REQUIREMENT: Within the records that follow, determine how many lines include the word "impl". State the number and nothing further.

[Collected data entries]
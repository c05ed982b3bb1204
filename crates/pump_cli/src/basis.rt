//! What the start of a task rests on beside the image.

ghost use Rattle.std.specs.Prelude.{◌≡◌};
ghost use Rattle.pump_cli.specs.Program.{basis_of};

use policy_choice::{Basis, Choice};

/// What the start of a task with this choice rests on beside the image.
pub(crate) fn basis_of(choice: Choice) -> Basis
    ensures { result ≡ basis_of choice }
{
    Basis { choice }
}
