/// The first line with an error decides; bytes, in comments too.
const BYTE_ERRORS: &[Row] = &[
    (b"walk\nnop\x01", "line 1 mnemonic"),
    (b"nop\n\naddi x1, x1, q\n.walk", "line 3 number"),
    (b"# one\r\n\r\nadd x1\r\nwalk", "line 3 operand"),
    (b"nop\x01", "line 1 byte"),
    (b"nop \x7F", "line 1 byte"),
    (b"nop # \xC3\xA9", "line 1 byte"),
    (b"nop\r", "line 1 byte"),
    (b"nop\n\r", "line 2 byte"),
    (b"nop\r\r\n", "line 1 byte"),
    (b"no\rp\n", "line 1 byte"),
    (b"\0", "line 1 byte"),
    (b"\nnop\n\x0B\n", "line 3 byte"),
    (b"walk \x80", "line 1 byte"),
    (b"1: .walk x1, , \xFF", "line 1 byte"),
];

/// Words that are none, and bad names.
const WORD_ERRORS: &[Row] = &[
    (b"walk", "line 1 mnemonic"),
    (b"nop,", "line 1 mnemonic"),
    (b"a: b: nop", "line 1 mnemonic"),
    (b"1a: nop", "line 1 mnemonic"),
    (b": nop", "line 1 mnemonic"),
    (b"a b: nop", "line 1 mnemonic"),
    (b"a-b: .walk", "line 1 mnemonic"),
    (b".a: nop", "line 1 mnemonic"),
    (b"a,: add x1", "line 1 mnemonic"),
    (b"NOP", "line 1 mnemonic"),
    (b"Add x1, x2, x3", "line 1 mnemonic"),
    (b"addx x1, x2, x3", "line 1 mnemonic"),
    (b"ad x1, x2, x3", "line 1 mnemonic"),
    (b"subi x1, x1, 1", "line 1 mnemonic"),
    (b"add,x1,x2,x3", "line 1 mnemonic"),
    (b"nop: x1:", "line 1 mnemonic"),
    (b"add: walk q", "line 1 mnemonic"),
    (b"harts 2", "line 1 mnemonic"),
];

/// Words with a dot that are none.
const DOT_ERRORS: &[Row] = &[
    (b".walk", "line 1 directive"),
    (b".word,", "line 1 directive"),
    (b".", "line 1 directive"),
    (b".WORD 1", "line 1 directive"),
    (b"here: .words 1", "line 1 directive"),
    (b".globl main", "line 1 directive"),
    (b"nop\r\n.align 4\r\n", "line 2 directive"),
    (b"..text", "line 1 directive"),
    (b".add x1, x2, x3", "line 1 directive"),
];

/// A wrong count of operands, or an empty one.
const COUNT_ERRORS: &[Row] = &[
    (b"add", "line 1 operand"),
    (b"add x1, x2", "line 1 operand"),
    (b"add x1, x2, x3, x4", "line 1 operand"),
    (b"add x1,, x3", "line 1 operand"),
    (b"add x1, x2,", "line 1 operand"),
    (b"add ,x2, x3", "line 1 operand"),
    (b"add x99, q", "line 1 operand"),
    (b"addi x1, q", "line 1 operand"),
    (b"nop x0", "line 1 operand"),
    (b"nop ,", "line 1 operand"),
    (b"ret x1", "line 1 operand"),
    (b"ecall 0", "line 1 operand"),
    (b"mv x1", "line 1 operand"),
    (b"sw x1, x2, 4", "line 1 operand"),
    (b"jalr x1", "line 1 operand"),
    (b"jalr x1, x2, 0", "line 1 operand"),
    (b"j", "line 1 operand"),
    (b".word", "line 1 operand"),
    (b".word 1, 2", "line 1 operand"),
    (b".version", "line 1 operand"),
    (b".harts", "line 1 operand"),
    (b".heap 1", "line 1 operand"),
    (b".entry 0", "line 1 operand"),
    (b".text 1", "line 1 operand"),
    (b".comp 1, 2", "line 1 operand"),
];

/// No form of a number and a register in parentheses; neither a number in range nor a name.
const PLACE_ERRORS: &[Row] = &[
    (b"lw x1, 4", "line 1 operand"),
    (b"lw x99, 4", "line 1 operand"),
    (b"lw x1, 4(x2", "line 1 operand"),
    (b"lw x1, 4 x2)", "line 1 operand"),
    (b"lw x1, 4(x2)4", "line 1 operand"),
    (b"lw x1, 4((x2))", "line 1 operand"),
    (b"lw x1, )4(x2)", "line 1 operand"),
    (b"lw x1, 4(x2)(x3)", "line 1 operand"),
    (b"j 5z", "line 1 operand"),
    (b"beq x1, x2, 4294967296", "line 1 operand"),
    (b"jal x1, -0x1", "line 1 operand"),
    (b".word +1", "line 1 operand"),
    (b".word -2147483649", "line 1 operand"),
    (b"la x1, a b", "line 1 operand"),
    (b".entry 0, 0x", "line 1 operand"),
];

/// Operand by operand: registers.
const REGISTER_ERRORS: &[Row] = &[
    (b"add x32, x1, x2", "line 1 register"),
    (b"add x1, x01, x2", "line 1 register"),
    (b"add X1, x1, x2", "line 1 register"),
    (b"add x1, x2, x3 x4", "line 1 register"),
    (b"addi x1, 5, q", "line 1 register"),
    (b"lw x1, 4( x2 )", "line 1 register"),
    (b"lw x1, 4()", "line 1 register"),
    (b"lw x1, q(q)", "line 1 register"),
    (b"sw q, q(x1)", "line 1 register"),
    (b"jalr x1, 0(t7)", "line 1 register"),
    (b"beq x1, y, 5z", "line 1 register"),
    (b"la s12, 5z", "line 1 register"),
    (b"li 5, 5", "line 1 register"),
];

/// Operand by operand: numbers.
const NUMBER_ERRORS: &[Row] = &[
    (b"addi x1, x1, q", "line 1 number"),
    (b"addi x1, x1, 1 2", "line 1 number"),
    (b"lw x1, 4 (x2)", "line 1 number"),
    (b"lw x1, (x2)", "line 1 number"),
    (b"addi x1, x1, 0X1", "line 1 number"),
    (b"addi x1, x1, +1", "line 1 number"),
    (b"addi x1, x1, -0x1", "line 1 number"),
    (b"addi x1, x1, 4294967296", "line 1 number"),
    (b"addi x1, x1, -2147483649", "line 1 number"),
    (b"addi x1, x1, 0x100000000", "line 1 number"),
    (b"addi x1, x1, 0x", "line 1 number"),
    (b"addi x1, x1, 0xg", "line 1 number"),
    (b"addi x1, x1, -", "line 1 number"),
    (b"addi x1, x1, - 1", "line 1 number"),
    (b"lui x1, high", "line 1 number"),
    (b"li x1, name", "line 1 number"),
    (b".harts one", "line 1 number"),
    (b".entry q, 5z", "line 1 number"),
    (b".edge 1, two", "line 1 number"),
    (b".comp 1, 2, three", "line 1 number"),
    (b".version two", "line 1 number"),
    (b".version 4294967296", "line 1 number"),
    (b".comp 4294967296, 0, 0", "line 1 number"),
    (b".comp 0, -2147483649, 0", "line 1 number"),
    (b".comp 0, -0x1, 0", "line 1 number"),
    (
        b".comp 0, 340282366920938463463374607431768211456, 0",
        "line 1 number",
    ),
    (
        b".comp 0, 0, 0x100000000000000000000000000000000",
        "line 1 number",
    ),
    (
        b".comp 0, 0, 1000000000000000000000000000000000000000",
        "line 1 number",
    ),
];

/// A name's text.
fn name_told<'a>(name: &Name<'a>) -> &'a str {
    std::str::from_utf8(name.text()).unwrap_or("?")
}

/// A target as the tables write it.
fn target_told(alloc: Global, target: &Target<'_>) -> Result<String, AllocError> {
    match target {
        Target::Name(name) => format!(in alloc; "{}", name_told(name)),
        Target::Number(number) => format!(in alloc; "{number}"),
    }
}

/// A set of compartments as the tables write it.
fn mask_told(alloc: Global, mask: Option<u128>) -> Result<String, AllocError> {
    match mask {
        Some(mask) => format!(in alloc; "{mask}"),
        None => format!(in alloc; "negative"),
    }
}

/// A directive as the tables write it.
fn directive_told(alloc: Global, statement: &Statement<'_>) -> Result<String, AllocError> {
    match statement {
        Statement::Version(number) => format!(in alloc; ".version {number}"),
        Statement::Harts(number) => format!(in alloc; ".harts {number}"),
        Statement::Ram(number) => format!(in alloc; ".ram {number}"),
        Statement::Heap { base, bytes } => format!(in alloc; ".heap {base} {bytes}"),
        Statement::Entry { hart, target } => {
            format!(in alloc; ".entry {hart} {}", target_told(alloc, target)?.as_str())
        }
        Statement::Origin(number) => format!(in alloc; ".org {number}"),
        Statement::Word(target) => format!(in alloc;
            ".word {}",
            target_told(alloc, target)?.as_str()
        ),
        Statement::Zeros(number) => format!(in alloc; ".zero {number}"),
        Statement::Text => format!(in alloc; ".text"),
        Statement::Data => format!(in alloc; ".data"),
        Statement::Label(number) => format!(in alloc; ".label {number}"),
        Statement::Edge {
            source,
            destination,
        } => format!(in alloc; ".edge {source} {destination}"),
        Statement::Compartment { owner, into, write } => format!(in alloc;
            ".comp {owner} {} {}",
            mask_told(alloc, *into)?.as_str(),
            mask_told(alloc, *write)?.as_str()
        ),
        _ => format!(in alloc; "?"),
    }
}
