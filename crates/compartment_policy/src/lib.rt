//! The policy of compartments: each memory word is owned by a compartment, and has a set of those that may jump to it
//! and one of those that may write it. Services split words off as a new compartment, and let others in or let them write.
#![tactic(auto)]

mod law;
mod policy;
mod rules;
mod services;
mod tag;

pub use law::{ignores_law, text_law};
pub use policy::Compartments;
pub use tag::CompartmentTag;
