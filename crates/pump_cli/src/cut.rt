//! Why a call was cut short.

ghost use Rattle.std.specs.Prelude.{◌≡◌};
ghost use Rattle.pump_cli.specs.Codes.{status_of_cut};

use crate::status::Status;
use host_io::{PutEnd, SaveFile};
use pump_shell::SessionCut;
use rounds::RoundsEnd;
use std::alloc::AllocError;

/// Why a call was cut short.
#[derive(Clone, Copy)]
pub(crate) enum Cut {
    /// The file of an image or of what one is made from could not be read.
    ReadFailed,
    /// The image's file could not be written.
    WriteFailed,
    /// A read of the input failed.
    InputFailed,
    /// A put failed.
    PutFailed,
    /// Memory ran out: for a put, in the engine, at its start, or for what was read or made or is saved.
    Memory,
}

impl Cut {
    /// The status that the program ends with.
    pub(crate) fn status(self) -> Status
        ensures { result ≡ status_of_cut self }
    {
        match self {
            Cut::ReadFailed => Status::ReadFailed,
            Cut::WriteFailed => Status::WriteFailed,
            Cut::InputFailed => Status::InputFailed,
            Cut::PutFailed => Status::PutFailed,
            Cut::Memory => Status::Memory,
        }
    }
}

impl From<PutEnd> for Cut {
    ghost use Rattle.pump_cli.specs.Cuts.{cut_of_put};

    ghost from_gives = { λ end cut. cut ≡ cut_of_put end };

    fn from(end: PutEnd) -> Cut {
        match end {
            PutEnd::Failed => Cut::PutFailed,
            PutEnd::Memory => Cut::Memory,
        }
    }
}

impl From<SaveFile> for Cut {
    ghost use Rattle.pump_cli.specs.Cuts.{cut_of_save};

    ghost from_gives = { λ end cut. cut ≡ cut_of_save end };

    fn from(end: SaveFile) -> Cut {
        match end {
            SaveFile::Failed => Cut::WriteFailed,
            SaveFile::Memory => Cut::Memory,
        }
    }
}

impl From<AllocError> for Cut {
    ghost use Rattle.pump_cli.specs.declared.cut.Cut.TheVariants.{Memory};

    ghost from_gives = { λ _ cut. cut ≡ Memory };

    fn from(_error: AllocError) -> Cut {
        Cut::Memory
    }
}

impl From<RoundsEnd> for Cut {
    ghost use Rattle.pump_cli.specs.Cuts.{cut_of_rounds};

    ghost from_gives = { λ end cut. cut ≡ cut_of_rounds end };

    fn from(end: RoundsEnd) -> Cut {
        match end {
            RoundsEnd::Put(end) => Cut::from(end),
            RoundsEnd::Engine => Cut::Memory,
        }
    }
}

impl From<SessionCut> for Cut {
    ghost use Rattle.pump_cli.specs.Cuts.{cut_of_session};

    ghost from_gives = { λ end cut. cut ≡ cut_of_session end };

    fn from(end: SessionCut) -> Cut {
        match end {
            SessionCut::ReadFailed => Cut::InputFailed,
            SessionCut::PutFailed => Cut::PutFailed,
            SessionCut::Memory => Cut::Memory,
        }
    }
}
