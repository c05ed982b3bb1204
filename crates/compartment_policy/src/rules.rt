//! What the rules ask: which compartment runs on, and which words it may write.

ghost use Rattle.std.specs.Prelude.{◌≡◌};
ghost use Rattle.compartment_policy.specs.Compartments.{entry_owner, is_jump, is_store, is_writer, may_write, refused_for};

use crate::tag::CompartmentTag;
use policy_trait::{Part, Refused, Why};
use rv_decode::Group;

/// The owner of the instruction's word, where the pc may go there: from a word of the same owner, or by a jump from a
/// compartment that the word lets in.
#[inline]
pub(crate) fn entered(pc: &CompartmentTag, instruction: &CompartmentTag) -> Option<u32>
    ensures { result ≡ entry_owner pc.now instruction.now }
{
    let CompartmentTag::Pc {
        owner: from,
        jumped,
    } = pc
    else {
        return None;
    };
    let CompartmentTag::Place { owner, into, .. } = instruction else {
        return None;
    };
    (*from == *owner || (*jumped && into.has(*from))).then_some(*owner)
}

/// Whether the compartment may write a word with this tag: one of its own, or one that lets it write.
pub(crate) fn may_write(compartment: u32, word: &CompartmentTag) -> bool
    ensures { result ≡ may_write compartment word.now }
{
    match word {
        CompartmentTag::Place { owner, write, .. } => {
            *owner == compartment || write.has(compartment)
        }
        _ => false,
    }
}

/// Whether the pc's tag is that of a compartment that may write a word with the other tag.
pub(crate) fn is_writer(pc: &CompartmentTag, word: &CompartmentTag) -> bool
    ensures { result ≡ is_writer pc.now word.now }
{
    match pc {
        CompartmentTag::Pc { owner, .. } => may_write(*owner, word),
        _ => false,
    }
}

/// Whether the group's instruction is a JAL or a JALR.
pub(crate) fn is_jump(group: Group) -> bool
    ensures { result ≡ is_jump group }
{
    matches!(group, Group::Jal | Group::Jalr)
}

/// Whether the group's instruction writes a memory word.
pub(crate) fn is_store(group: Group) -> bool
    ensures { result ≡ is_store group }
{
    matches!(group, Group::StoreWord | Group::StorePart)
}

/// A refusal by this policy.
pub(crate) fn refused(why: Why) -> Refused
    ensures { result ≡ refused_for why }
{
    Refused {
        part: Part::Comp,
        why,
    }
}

WRITTEN SOLUTION: 6